Periodic Reporting for period 4 - INTERSTELLAR (The Interstellar Medium of High Redshift Galaxies)

Reporting period: 2022-04-01 to 2024-03-31

The main goal of INTERSTELLAR has been a thorough investigation of the formation of the earliest galaxies in the Universe, their assembly and evolution during a crucial epoch, referred to as the Epoch of Reionization encompassing the first billion year of cosmic evolution. The impact of these themes on society is very broad as these topics might quite directly speak to the general public. Questions like what is the origin of the Universe and its its evolution, and the understanding of how it became the amazing entity the we observe today are constantly asked in public talks, and form also the basis of a human cultural background all around the word. They are as general as music can be perceived by humans. Finally, from the technological and investment point of view they are very powerful drivers for breakthrough solutions and challenges.
INTERSTELLAR has approached these questions in an innovative and very successful way. The research has been based on a combination of theory, supercomputing simulations, data from the top experimental facilities, both space-born (HST, JWST) and ground based (ALMA, VLT), and cutting-edge data analysis techniques, often based on Artificial Intelligence methods. With these tools, we have produced significant breakthroughs in the field fulfilling our original promises and expectations. We have made precise predictions and used our results to guide observations, acquire and analyse top-notch data or extract them from archives. The final outcome is a coherent and unprecedented picture of the physics of the first galaxies.
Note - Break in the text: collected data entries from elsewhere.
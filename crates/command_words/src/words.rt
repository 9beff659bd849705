//! The words of the command line, which `clap` judges.
ghost use Rattle.std.specs.Prelude.{◌≡◌, IfOk, IfSome, option_and_then, option_map};
ghost use Rattle.std.specs.List.{list_any};
ghost use Rattle.clap.specs.Words.{app_of};
ghost use Rattle.command_words.specs.Words.{command_named as command_named_def, command_of as command_of_def};
ghost use Rattle.command_words.specs.LoadWords.{load_in as load_in_def, HasItsNumbers};
ghost use Rattle.command_words.specs.InnerWords.{bare_program, begins_with_hyphen, named_in, program};

use crate::command::Command;
use crate::numbers::load_of;
use clap::Command as Line;
use clap::error::ErrorKind;
use std::alloc::{AllocError, Global};
use svc_values::NoMemory;

/// The command that the words are, if they are one: `load` has three numbers, and of all others
/// `clap` judges.
#[tactic(auto, using(crate::proofs::LoadWords::others_named))]
pub fn command_of(alloc: Global, words: &[String]) -> Result<Option<Command>, NoMemory>
    ensures commands { IfOk result (λ command. command ≡ command_of_def words.now) }
    ensures within { IfOk result (λ command. IfSome command HasItsNumbers) }
{
    match words {
        [name, seed, clients, requests] => Ok(load_in(
            name.as_str(),
            seed.as_str(),
            clients.as_str(),
            requests.as_str(),
        )),
        _ => named_command(alloc, words),
    }
}

/// The command of four words, if the first one is `load`.
fn load_in(name: &str, seed: &str, clients: &str, requests: &str) -> Option<Command>
    ensures made { result ≡ load_in_def name.now seed.now clients.now requests.now }
    ensures within { IfSome result HasItsNumbers }
{
    if name == "load" {
        load_of(seed, clients, requests)
    } else {
        None
    }
}

/// The command that one word names. A word that begins with `-` is of none, and of the others
/// `clap` judges, which wants memory before it looks at a word.
fn named_command(alloc: Global, words: &[String]) -> Result<Option<Command>, NoMemory>
    ensures commands { IfOk result (λ command. command ≡ named_in words.now) }
    ensures within { IfOk result (λ command. IfSome command HasItsNumbers) }
{
    if any_hyphen(words) {
        return Ok(None);
    }
    match command_line(alloc)?.try_get_matches_from(words) {
        Ok(matches) => Ok(command_named(matches.subcommand_name())),
        Err(error) => match error.kind() {
            ErrorKind::OutOfMemory => Err(NoMemory),
            _ => Ok(None),
        },
    }
}

/// Whether a word begins with `-`.
fn any_hyphen(words: &[String]) -> bool
    ensures { result ≡ list_any begins_with_hyphen words.now }
{
    words.iter().any(|word| word.as_str().starts_with('-'))
}

/// The command of this name.
fn command_named(name: Option<&str>) -> Option<Command>
    ensures named { result
        ≡ option_and_then command_named_def (option_map (λ name. name.now) name.entry) }
    ensures within { IfSome result HasItsNumbers }
{
    match name {
        Some("run") => Some(Command::Run),
        Some("cover") => Some(Command::Cover),
        Some("check") => Some(Command::Check),
        _ => None,
    }
}

/// The program's line without its commands: one of these has to be there, with neither help nor a
/// version of clap's own.
fn bare_line<'a>(alloc: Global) -> Line<'a>
    ensures { app_of result ≡ bare_program }
{
    Line::new(alloc, "continuity")
        .no_binary_name(true)
        .disable_help_flag(true)
        .disable_help_subcommand(true)
        .disable_version_flag(true)
        .subcommand_required(true)
}

/// The line with the subcommands `run`, `cover` and `check`.
fn command_line<'a>(alloc: Global) -> Result<Line<'a>, AllocError>
    ensures { IfOk result (λ line. app_of line ≡ program) }
{
    bare_line(alloc)
        .subcommand(Line::new(alloc, "run"))?
        .subcommand(Line::new(alloc, "cover"))?
        .subcommand(Line::new(alloc, "check"))
}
To manage this extremely interdisciplinary approach, we have built a very diverse, gender-balanced Team including theorists, numerical experts and experimentalists that have worked in a highly coordinated manner to achieve our objectives.
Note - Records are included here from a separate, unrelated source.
//! What a report tells of its run's sessions, in the order of events: the served items, and the
//! notes of `outside` and `ask`.
#![tactic(auto)]

mod moments;

pub use moments::{At, Moment, What, moments_of};
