//! What the program does.

/// A command: what is done with a document that is read, or with one that is made.
#[derive(Clone, Copy, Debug, PartialEq, Eq)]
pub enum Command {
    /// It is run, and its report is written.
    Run,
    /// It is run, and it is written how many of its clients' calls were protected.
    Cover,
    /// It is read with a report, which is judged.
    Check,
    /// The document that is made of these numbers is run, and a line of counts is written.
    Load {
        seed: u64,
        clients: u64,
        requests: u64,
    },
}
During its entire duration, the project has produced about 90 papers published on international, refereed journals, and a major review of the field published on Physics Reports. In the first part of the project we have concentrated as planned on the characterization of the far infrared line emission in galaxies in the Epoch of Reionization (EoR) as a tracer of the interstellar medium (ISM) of these systems, and its connection with their star formation history. These studies have involved major advances in the study of the physics of molecular clouds, the feedback of massive stars and the radiation transport in inhomogeneous media. We have also lay down the foundations for the implementation of dust modelling in galaxy formation theory and numerical simulations. These theoretical studies have been augmented by the development of cosmological numerical simulations which are necessary to describe the complex physical network, and the range of physical scales present in the interstellar medium. The effects of magnetic fields have been also quantified. Our cutting-edge supercomputer cosmological simulations based on a novel zoom-in technique, including on-the-fly multi-frequency radiative transfer, have for the first time resolved the internal structure of high-redshift galaxies, thus representing a benchmark for other studies that have followed us during the last 5 years. INTERSTELLAR results have led to important achievements. A partial list includes: (a) a theory for the relation between FIR emission lines and the star formation activity in galaxies; (b) a thorough derivation, based on a novel methodology using the [CII] line of the dust content and effects in early galaxies, with a new determination of the grain temperature evolution with redshift; (c) a novel interpretation of extended carbon halos around EoR galaxies, later also independently confirmed by the ALMA Large Program ALPINE collaboration; (d) a detailed characterization of the dynamics of galactic disks up the highest detectable redshifts; (e) a theory for the newly discovered (by JWST) super-early, luminous galaxies; (f) a simulation-based determination of the star formation rate stochasticity in the early galaxies and its effect for their visibility and on the mass-metallicity relation.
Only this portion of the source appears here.